Assigned task: Return, from the lines below, each one that includes the word "ConditionalEquation".

[Collected data entries]
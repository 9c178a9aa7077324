// The first words of statements.
ghost use Rattle.std.specs.Prelude.{◌≡◌};
ghost use Rattle.mw_module.specs.Openings as openings;

use crate::kinds::Kind;
use crate::words::same;

/// What a statement's first word asks for.
#[derive(Clone, Copy)]
pub enum Opening {
    Sorts,
    Subsorts,
    Operator,
    Operators,
    Variables,
    Equation,
    ConditionalEquation,
    Rule,
    ConditionalRule,
    Import,
    Class,
    Message,
    Messages,
    /// A statement of other kinds of modules.
    Elsewhere,
    /// No word of a statement that is read.
    Unread,
}

// A word of imports, which all mean the same.
fn is_import(word: &[u8]) -> bool
    ensures { result ≡ openings.is_import word.now }
{
    same(word, b"protecting")
        || same(word, b"pr")
        || same(word, b"extending")
        || same(word, b"ex")
        || same(word, b"including")
        || same(word, b"inc")
}

// A word of rules, which stand in system and object modules alone.
fn is_rule(word: &[u8]) -> bool
    ensures { result ≡ openings.is_rule word.now }
{
    same(word, b"rl") || same(word, b"crl")
}

// A word of statements that stand in object modules alone.
fn is_of_objects(word: &[u8]) -> bool
    ensures { result ≡ openings.is_of_objects word.now }
{
    same(word, b"class")
        || same(word, b"subclass")
        || same(word, b"subclasses")
        || same(word, b"msg")
        || same(word, b"msgs")
}

// Whether rules may stand in modules of this kind.
fn has_rules(kind: Kind) -> bool
    ensures { result ≡ openings.has_rules kind }
{
    matches!(kind, Kind::System | Kind::Object)
}

// Whether classes and messages may.
fn has_objects(kind: Kind) -> bool
    ensures { result ≡ openings.has_objects kind }
{
    matches!(kind, Kind::Object)
}

// What a word of statements that stand in object modules alone asks for there.
fn opening_of_objects(word: &[u8]) -> Opening
    ensures { result ≡ openings.opening_of_objects word.now }
{
    if same(word, b"class") {
        Opening::Class
    } else if same(word, b"msg") {
        Opening::Message
    } else if same(word, b"msgs") {
        Opening::Messages
    } else {
        Opening::Subsorts
    }
}

/// What this first word asks for in a module of this kind.
pub fn opening_of(kind: Kind, word: &[u8]) -> Opening
    ensures { result ≡ openings.opening_of kind word.now }
{
    if same(word, b"sort") || same(word, b"sorts") {
        Opening::Sorts
    } else if same(word, b"subsort") || same(word, b"subsorts") {
        Opening::Subsorts
    } else if same(word, b"op") {
        Opening::Operator
    } else if same(word, b"ops") {
        Opening::Operators
    } else if same(word, b"var") || same(word, b"vars") {
        Opening::Variables
    } else if same(word, b"eq") {
        Opening::Equation
    } else if same(word, b"ceq") || same(word, b"cq") {
        Opening::ConditionalEquation
    } else if is_import(word) {
        Opening::Import
    } else if has_rules(kind) && same(word, b"rl") {
        Opening::Rule
    } else if has_rules(kind) && same(word, b"crl") {
        Opening::ConditionalRule
    } else if has_objects(kind) && is_of_objects(word) {
        opening_of_objects(word)
    } else if is_rule(word) || is_of_objects(word) {
        Opening::Elsewhere
    } else {
        Opening::Unread
    }
}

Result:
    ConditionalEquation,
        Opening::ConditionalEquation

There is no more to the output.